Near Real Time (NRT) search means that documents are available for search soon after being indexed. NRT searching is one of the main features of SolrCloud and is rarely attempted in master/slave configurations.
Document durability and searchability are controlled by
commits. The "Near" in "Near Real Time" is configurable to meet the needs of your application. Commits are either "hard" or "soft" and can be issued by a client (say SolrJ), via a REST call or configured to occur automatically in
solrconfig.xml. The recommendation usually gives is to configure your commit strategy in
solrconfig.xml (see below) and avoid issuing commits externally.
Typically in NRT applications, hard commits are configured with
openSearcher=false, and soft commits are configured to make documents visible for search.
When a commit occurs, various background tasks are initiated, segment merging for example. These background tasks do not block additional updates to the index nor do they delay the availability of the documents for search.
When configuring for NRT, pay special attention to cache and autowarm settings as they can have a significant impact on NRT performance. For extremely short autoCommit intervals, consider disabling caching and autowarming completely.
Commits and Searching
A hard commit calls
fsync on the index files to ensure they have been flushed to stable storage. The current transaction log is closed and a new one is opened. See the "transaction log" discussion below for how data is recovered in the absence of a hard commit. Optionally a hard commit can also make documents visible for search, but this is not recommended for NRT searching as it is more expensive than a soft commit.
A soft commit is faster since it only makes index changes visible and does not
fsync index files, start a new segment or start a new transaction log. Search collections that have NRT requirements will want to soft commit often enough to satisfy the visibility requirements of the application. A softCommit may be "less expensive" than a hard commit (openSearcher=true), but it is not free. It is recommended that this be set for as long as is reasonable given the application requirements.
Both hard and soft commits have two primary configuration parameters:
- Integer. Defines the number of updates to process before activating.
- Integer. The number of milliseconds to wait before activating.
If both of these parameters are specified, the first one to expire is honored. Generally, it is preferred to use
maxTime rather than
maxDocs, especially when indexing large numbers of documents in batches. Use
maxTime judiciously to fine-tune your commit strategies.

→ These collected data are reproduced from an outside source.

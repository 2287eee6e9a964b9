//! The survey, on images of 32 pages and 64 inode numbers, and each of them damaged.
//!
//! Page 0 is the superblock, page 1 has the shadow rows, page 2 the owner rows, and the core begins at
//! page 3.

use crate::homes::home_with;
use std::alloc::Global;
use trio_layout::{Body, CoreRange, Superblock};
use trio_page::{Home, Page, PageNo, Reads};
use trio_rights::{Kind, Mode};
use trio_samples::files::{large_tree, one_file, root, six_directories, three_files};
use trio_samples::{Sample, SampleFile, link, regular};
use trio_survey::file::{MetFile, read_file};
use trio_survey::{Found, Picks, SurveyFault, survey, survey_picked, verify, verify_old};
use trio_tables::{CONTROLLER, Owners, Row};

/// What `verify` answers, and how often it looked at a page.
fn verdict(alloc: Global, home: &mut Home) -> Option<(Result<(), SurveyFault>, u64)> {
    Superblock::read(home.page(PageNo(0), &mut Reads::new())?)?;
    let mut reads = Reads::new();
    let answer = verify(alloc, home, &mut reads);
    Some((answer, reads.count()))
}

/// The image that is damaged.
#[derive(Clone, Copy)]
enum Files {
    OnlyRoot,
    OneFile,
    ThreeFiles,
    SixDirectories,
    /// A link `l` of four bytes, with pages 5 and 6, and a guarded file `g` of five, with pages 7 and 8.
    Links,
}

/// The image, the page, the offset and the bytes written there, and the rule, file, page and slot
/// that come out, all 0 where the image verifies.
type Damaged = (Files, (usize, usize, &'static [u8]), (u8, u32, u32, u16));

const DAMAGED: &[Damaged] = &[
    // whole, and with another block of the file
    (Files::OneFile, (0, 0, b""), (0, 0, 0, 0)),
    (Files::ThreeFiles, (0, 0, b""), (0, 0, 0, 0)),
    (Files::SixDirectories, (0, 0, b""), (0, 0, 0, 0)),
    (Files::OnlyRoot, (0, 0, b""), (0, 0, 0, 0)),
    (Files::OneFile, (6, 0, b"world"), (0, 0, 0, 0)),
    (Files::OneFile, (6, 5, b"more"), (0, 0, 0, 0)),
    // the body of a directory, of a file and of the root
    (Files::ThreeFiles, (4, 192 + 16, &[1]), (1, 2, 0, 0)),
    (Files::OneFile, (4, 192 + 2, &[1]), (1, 2, 0, 0)),
    (Files::OneFile, (4, 192 + 12, &[2]), (1, 2, 0, 0)),
    (Files::OneFile, (4, 192 + 12, &[32]), (1, 2, 0, 0)),
    (Files::OneFile, (4, 192 + 18, &[2]), (1, 2, 0, 0)),
    (Files::SixDirectories, (8, 192 + 17, &[16]), (1, 5, 0, 0)),
    (Files::OnlyRoot, (0, 40 + 17, &[16]), (1, 1, 0, 0)),
    // the guard: of a regular file, of a directory, of the root, and a byte that says none
    (Files::OneFile, (4, 192 + 24, &[1]), (0, 0, 0, 0)),
    (Files::ThreeFiles, (4, 192 + 24, &[1]), (1, 2, 0, 0)),
    (Files::OnlyRoot, (0, 40 + 24, &[1]), (1, 1, 0, 0)),
    (Files::OneFile, (4, 192 + 24, &[2]), (1, 2, 0, 0)),
    // a link: whole, of no bytes, of a block and a byte, guarded, with another text
    (Files::Links, (0, 0, b""), (0, 0, 0, 0)),
    (Files::Links, (4, 192 + 16, &[0]), (1, 2, 0, 0)),
    (Files::Links, (4, 192 + 17, &[16]), (1, 2, 0, 0)),
    (Files::Links, (4, 192 + 24, &[1]), (1, 2, 0, 0)),
    (Files::Links, (6, 0, b"\0b/c"), (0, 0, 0, 0)),
    // an index page: a page out of the core, a number behind the last, a further link
    (Files::OneFile, (5, 0, &[2]), (1, 2, 5, 0)),
    (Files::OneFile, (5, 0, &[32]), (1, 2, 5, 0)),
    (Files::OneFile, (5, 8, &[7]), (1, 2, 5, 0)),
    (Files::OneFile, (5, 4088, &[7]), (1, 2, 5, 0)),
    (Files::ThreeFiles, (3, 4088, &[32]), (1, 1, 3, 0)),
    // more blocks than there are core pages
    (Files::OneFile, (4, 192 + 16, &[0, 16, 0x20]), (1, 2, 0, 0)),
    // a slot: number, kind, length, zeros and name
    (Files::OneFile, (4, 0, &[65]), (1, 1, 4, 0)),
    (Files::OneFile, (4, 4, &[4]), (1, 1, 4, 0)),
    (Files::ThreeFiles, (6, 5, &[0]), (1, 2, 6, 0)),
    (Files::ThreeFiles, (6, 6, &[1]), (1, 2, 6, 0)),
    (Files::SixDirectories, (8, 8, b"/"), (1, 4, 8, 0)),
    // the same name again
    (
        Files::OneFile,
        (4, 256, &[3, 0, 0, 0, 1, 1, 0, 0, b'f']),
        (1, 1, 4, 1),
    ),
    (Files::SixDirectories, (4, 256 + 8, b"a"), (1, 1, 4, 1)),
    // a number again: in its directory, in another, as its own child, and the root's
    (
        Files::OneFile,
        (4, 256, &[2, 0, 0, 0, 1, 1, 0, 0, b'g']),
        (2, 1, 4, 1),
    ),
    (Files::SixDirectories, (12, 0, &[5]), (2, 6, 12, 0)),
    (
        Files::ThreeFiles,
        (6, 512, &[2, 0, 0, 0, 2, 1, 0, 0, b'a']),
        (2, 2, 6, 2),
    ),
    (
        Files::OneFile,
        (4, 512, &[1, 0, 0, 0, 2, 1, 0, 0, b'g']),
        (2, 1, 4, 2),
    ),
    // a page again: the block and the index page of another file, and of the file itself
    (Files::OneFile, (5, 0, &[4]), (2, 2, 4, 0)),
    (Files::ThreeFiles, (7, 0, &[5]), (2, 3, 5, 0)),
    (Files::OneFile, (5, 0, &[5]), (2, 2, 5, 0)),
    (Files::SixDirectories, (10, 192 + 12, &[7]), (2, 6, 7, 0)),
    // a kind that isn't the row's
    (Files::OneFile, (4, 4, &[3]), (5, 2, 0, 0)),
    // rows: state, kind, mode, uid, parent, page, slot, one that isn't live, and behind the last
    (Files::OneFile, (1, 0, &[0]), (5, 1, 0, 0)),
    (Files::OneFile, (1, 33, &[2]), (5, 2, 0, 0)),
    (Files::OneFile, (1, 34, &[0xa5]), (5, 2, 0, 0)),
    (Files::ThreeFiles, (1, 68, &[1]), (5, 3, 0, 0)),
    (Files::ThreeFiles, (1, 76, &[1]), (5, 3, 0, 0)),
    (Files::ThreeFiles, (1, 80, &[7]), (5, 3, 0, 0)),
    (Files::SixDirectories, (1, 84 + 128, &[1]), (5, 7, 0, 0)),
    (Files::OneFile, (1, 2048, &[1]), (5, 0, 0, 0)),
    // owners: of a block, of a free page, of the controller's page, and behind the last
    (Files::OneFile, (2, 24, &[3]), (5, 0, 6, 0)),
    (Files::OnlyRoot, (2, 12, &[2]), (5, 0, 3, 0)),
    (Files::OneFile, (2, 4, &[0xfe]), (5, 0, 1, 0)),
    (Files::OneFile, (2, 128, &[1]), (5, 0, 0, 0)),
];

fn sample(alloc: Global, files: Files) -> Option<Sample> {
    let made = match files {
        Files::OnlyRoot => Sample::small(alloc, &[root()]),
        Files::OneFile => Sample::small(alloc, &one_file()),
        Files::ThreeFiles => Sample::small(alloc, &three_files()),
        Files::SixDirectories => Sample::small(alloc, &six_directories()),
        Files::Links => Sample::small(alloc, &links()),
    };
    made.ok()
}

fn links<'a>() -> [SampleFile<'a>; 3] {
    [
        root(),
        link(2, 1, b"l", b"/a/f"),
        regular(3, 1, b"g", b"hello").guarded(),
    ]
}

/// What `verify` answers of a damaged image.
fn damaged(
    alloc: Global,
    files: Files,
    (page, at, bytes): (usize, usize, &[u8]),
) -> Option<Result<(), SurveyFault>> {
    let mut sample = sample(alloc, files)?;
    sample.put(page, at, bytes);
    Some(verdict(alloc, &mut sample.home(alloc).ok()?)?.0)
}

/// The answer with this rule, file, page and slot, all 0 where the image verifies.
fn answer((rule, ino, page, slot): (u8, u32, u32, u16)) -> Result<(), SurveyFault> {
    if rule == 0 {
        return Ok(());
    }
    Err(SurveyFault::Fails {
        rule,
        ino,
        page,
        slot,
    })
}

#[test]
fn damaged_images(rt: HostRuntime) {
    for (i, (files, damage, wanted)) in DAMAGED.iter().enumerate() {
        assert!(rt;
            damaged(rt.alloc(), *files, *damage) == Some(answer(*wanted)),
            "row {i}"
        );
    }
}

/// Images that are read by version 1, as those above.
const OLD: &[Damaged] = &[
    // nothing new
    (Files::OneFile, (0, 0, b""), (0, 0, 0, 0)),
    (Files::SixDirectories, (0, 0, b""), (0, 0, 0, 0)),
    // what version 2 doesn't take either
    (Files::OneFile, (4, 4, &[4]), (1, 1, 4, 0)),
    (Files::OneFile, (5, 0, &[4]), (2, 2, 4, 0)),
    (Files::OneFile, (1, 0, &[0]), (5, 1, 0, 0)),
    // a link, and a guarded file alone
    (Files::Links, (0, 0, b""), (1, 1, 4, 0)),
    (Files::Links, (4, 4, &[1]), (1, 3, 0, 0)),
    (Files::OneFile, (4, 192 + 24, &[1]), (1, 2, 0, 0)),
    (Files::OneFile, (4, 4, &[3]), (1, 1, 4, 0)),
    // a link that lists a number again
    (
        Files::ThreeFiles,
        (6, 256, &[2, 0, 0, 0, 3, 1, 0, 0, b'l']),
        (1, 2, 6, 1),
    ),
    // a directory with a link and a bad slot
    (
        Files::Links,
        (4, 512, &[9, 0, 0, 0, 4, 1, 0, 0, b'x']),
        (1, 1, 4, 2),
    ),
    // a page again, by a guarded file
    (Files::Links, (4, 256 + 192 + 12, &[5]), (1, 1, 4, 0)),
];

/// What `verify_old` answers of a damaged image.
fn damaged_old(
    alloc: Global,
    files: Files,
    (page, at, bytes): (usize, usize, &[u8]),
) -> Option<Result<(), SurveyFault>> {
    let mut sample = sample(alloc, files)?;
    sample.put(page, at, bytes);
    let mut home = sample.home(alloc).ok()?;
    let superblock = Superblock::read(home.page(PageNo(0), &mut Reads::new())?)?;
    Some(verify_old(alloc, &mut home, &superblock, &mut Reads::new()).map(|_| ()))
}

#[test]
fn images_by_version_1(rt: HostRuntime) {
    for (i, (files, damage, wanted)) in OLD.iter().enumerate() {
        assert!(rt;
            damaged_old(rt.alloc(), *files, *damage) == Some(answer(*wanted)),
            "row {i}"
        );
    }
}

/// What `verify` answers of the image of one file without these pages, and how often it looked at one.
fn verdict_without(alloc: Global, pages: &[u32]) -> Option<(Result<(), SurveyFault>, u64)> {
    let mut home = sample(alloc, Files::OneFile)?.home(alloc).ok()?;
    for page in pages {
        home.take(PageNo(*page), &mut Reads::new());
    }
    verdict(alloc, &mut home)
}

/// A page that is absent, and the rule, file, page and slot that come out.
const ABSENT: &[(u32, (u8, u32, u32, u16))] = &[
    (1, (5, 0, 0, 0)),
    (2, (5, 0, 0, 0)),
    (3, (1, 1, 3, 0)),
    (4, (1, 1, 4, 0)),
    (5, (1, 2, 5, 0)),
];

fn fails_without(alloc: Global, page: u32, wanted: (u8, u32, u32, u16)) -> Option<bool> {
    Some(verdict_without(alloc, &[page])?.0 == answer(wanted))
}

#[test]
fn absent_pages(rt: HostRuntime) {
    for (page, wanted) in ABSENT {
        assert!(rt;
            fails_without(rt.alloc(), *page, *wanted) == Some(true),
            "page {page}"
        );
    }
    // the block of a regular file isn't looked at, nor are free pages
    assert!(rt; verdict_without(rt.alloc(), &[6, 7, 31]) == Some((Ok(()), 6)));
}

const RANGE: CoreRange = CoreRange { first: 3, end: 32 };

/// What is found in the image of three files.
fn found(alloc: Global) -> Option<Found> {
    let sample = sample(alloc, Files::ThreeFiles)?;
    let body = sample.superblock().root;
    let mut home = sample.home(alloc).ok()?;
    survey(alloc, &mut home, &body, RANGE, 64, &mut Reads::new()).ok()
}

const ROW: Row = Row {
    kind: Kind::Regular,
    mode: Mode(0o644),
    uid: 0,
    gid: 0,
    parent: 2,
    page: 6,
    slot: 0,
};

fn has_rows(alloc: Global) -> Option<bool> {
    let rows = found(alloc)?.rows;
    let counts = (rows.inodes(), rows.live(), rows.children(2));
    Some(rows.row(3) == Some(ROW) && counts == (64, 3, 1))
}

/// Pages and their owners.
const OWNED: &[(u32, u32)] = &[
    (0, CONTROLLER),
    (2, CONTROLLER),
    (3, 1),
    (4, 1),
    (5, 2),
    (6, 2),
    (7, 3),
    (8, 3),
    (9, 0),
];

/// The owner of a page, where the table has it.
fn owner(owners: &Owners, page: u32) -> Option<u32> {
    if page < owners.pages() {
        Some(owners.owner(PageNo(page)))
    } else {
        None
    }
}

fn has_owners(alloc: Global) -> Option<bool> {
    let owners = found(alloc)?.owners;
    for (page, wanted) in OWNED {
        if owner(&owners, *page) != Some(*wanted) {
            return Some(false);
        }
    }
    Some((owners.pages(), owners.free()) == (32, 23))
}

/// The mode of `f` that is found where one of mode 200 is picked for this directory, page and slot.
fn picked_mode(alloc: Global, parent: u32, page: u32, slot: u16) -> Option<Mode> {
    let sample = sample(alloc, Files::ThreeFiles)?;
    let body = sample.superblock().root;
    let mut home = sample.home(alloc).ok()?;
    let mut other = [0; 64];
    other[0] = 0x80;
    let mut picks = Picks::new(alloc, 64).ok()?;
    picks.set(3, parent, page, slot, &other);
    let found = survey_picked(
        alloc,
        &mut home,
        &body,
        RANGE,
        64,
        &picks,
        &mut Reads::new(),
    );
    Some(found.ok()?.rows.row(3)?.mode)
}

/// Directory, page and slot of the pick, and the mode of `f` that is found.
const PICKS: &[(u32, u32, u16, Mode)] = &[
    (2, 6, 0, Mode(0x80)),
    (1, 6, 0, Mode(0o644)),
    (2, 5, 0, Mode(0o644)),
    (2, 6, 1, Mode(0o644)),
];

#[test]
fn tables_and_picks(rt: HostRuntime) {
    assert!(rt; has_rows(rt.alloc()) == Some(true));
    assert!(rt; has_owners(rt.alloc()) == Some(true));
    for (i, (parent, page, slot, mode)) in PICKS.iter().enumerate() {
        assert!(rt;
            picked_mode(rt.alloc(), *parent, *page, *slot) == Some(*mode),
            "row {i}"
        );
    }
}

/// The live numbers, the free pages and the looks of a root of 900 directories with 16 empty files each.
fn large_counts(alloc: Global) -> Option<(u32, u32, u64)> {
    let sample = large_tree(alloc).ok()?;
    let body = sample.superblock().root;
    let mut home = sample.home(alloc).ok()?;
    let mut reads = Reads::new();
    let range = CoreRange {
        first: 137,
        end: 8192,
    };
    let found = survey(alloc, &mut home, &body, range, 16384, &mut reads).ok()?;
    Some((found.rows.live(), found.owners.free(), reads.count()))
}

#[test]
fn a_large_tree(rt: HostRuntime) {
    assert!(rt; large_counts(rt.alloc()) == Some((15301, 6197, 1858)));
}

/// 511 blocks and the next index page.
fn first_index(alloc: Global) -> Option<Page> {
    let mut page = Page::zero(alloc).ok()?;
    for i in 0..511usize {
        page.put_u64(8 * i, 20);
    }
    page.put_u64(4088, 4);
    Some(page)
}

/// One block.
fn last_index(alloc: Global) -> Option<Page> {
    let mut page = Page::zero(alloc).ok()?;
    page.put_u64(0, 21);
    Some(page)
}

/// 511 blocks named by page 3, and one more by page 4.
fn long_chain(alloc: Global) -> Option<Home> {
    home_with(alloc, first_index(alloc)?, last_index(alloc)?)
}

/// The body of a file of as many blocks and a byte.
fn long_body() -> [u8; 64] {
    let mut bytes = [0; 64];
    let body = Body {
        mode: Mode(0o644),
        uid: 0,
        gid: 0,
        head: 3,
        size: 511 * 4096 + 1,
        guard: false,
    };
    body.write(&mut bytes);
    bytes
}

/// Whether a regular file of two index pages is read in two looks.
fn is_read_whole(alloc: Global) -> Option<bool> {
    let met = MetFile {
        ino: 2,
        kind: Kind::Regular,
        parent: 1,
        page: 9,
        slot: 1,
        body: long_body(),
    };
    let range = CoreRange { first: 3, end: 600 };
    let mut reads = Reads::new();
    let file = read_file(alloc, &mut long_chain(alloc)?, range, 16, &met, &mut reads);
    let file = file.ok()?.ok()?;
    let ends = (
        file.blocks.len(),
        file.blocks.first().copied(),
        file.blocks.last().copied(),
    );
    let is_listed = file.index.as_slice() == [3, 4].as_slice() && ends == (512, Some(20), Some(21));
    Some(is_listed && file.entries.is_empty() && reads.count() == 2)
}

#[test]
fn regular_file_of_two_index_pages(rt: HostRuntime) {
    assert!(rt; is_read_whole(rt.alloc()) == Some(true));
}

Hard commit has an additional parameter
- true|false, whether to make documents visible for search. For NRT applications this is usually set to
soft commitis configured to control when documents are visible for search.
Transaction Logs (tlogs)
Transaction logs are a "rolling window" of updates since the last hard commit. The current transaction log is closed and a new one opened each time any variety of hard commit occurs. Soft commits have no effect on the transaction log.
When tlogs are enabled, documents being added to the index are written to the tlog before the indexing call returns to the client. In the event of an un-graceful shutdown (power loss, JVM crash,
kill -9, etc.) any documents written to the tlog but not yet committed with a hard commit when Solr was stopped are replayed on startup. Therefore the data is not lost.
When Solr is shut down gracefully (using the
bin/solr stop command) Solr will close the tlog file and index segments so no replay will be necessary on startup.
One point of confusion is how much data is contained in a transaction log. A tlog does not contain all documents, only the ones since the last hard commit. Older transaction log files are deleted when no longer needed.
|Implicit in the above is that transaction logs will grow forever if hard commits are disabled. Therefore it is important that hard commits be enabled when indexing.
As mentioned above, it is usually preferable to configure your commits (both hard and soft) in
solrconfig.xml and avoid sending commits from an external source. Check your
solrconfig.xml file since the defaults are likely not tuned to your needs. Here is an example NRT configuration for the two flavors of commit, a hard commit every 60 seconds and a soft commit every 30 seconds. Note that these are not the values in some of the examples!
These parameters can be overridden at run time by defining Java "system variables", for example specifying
`-Dsolr.autoCommit.maxTime=15000 would override the hard commit interval with a value of 15 seconds.
The choices for
autoSoftCommit have different consequences. In the event of un-graceful shutdown, it can take up to the time specified in
autoCommit for Solr to replay the uncommitted documents from the transaction log.
The time chosen for
autoSoftCommit determines the maximum time after a document is sent to Solr before it becomes searchable and does not affect the transaction log. Choose as long an interval as your application can tolerate for this value, often 15-60 seconds is reasonable, or even longer depending on the requirements. In situations where the the time is set to a very short interval (say 1 second), consider disabling your caches (queryResultCache and filterCache especially) as they will have little utility.
For extremely high bulk indexing, especially for the initial load if there is no searching, consider turning off
autoSoftCommit by specifying a value of
-1 for the maxTime parameter.
Advanced Commit Options
All varieties of commits can be invoked from a SolrJ client or via a URL. The usual recommendation is to not call commits externally. For those cases where it is desirable, see Update Commands. These options are listed for XML update commands that can be issued from a browser or curl, etc., and the equivalents are available from a SolrJ client.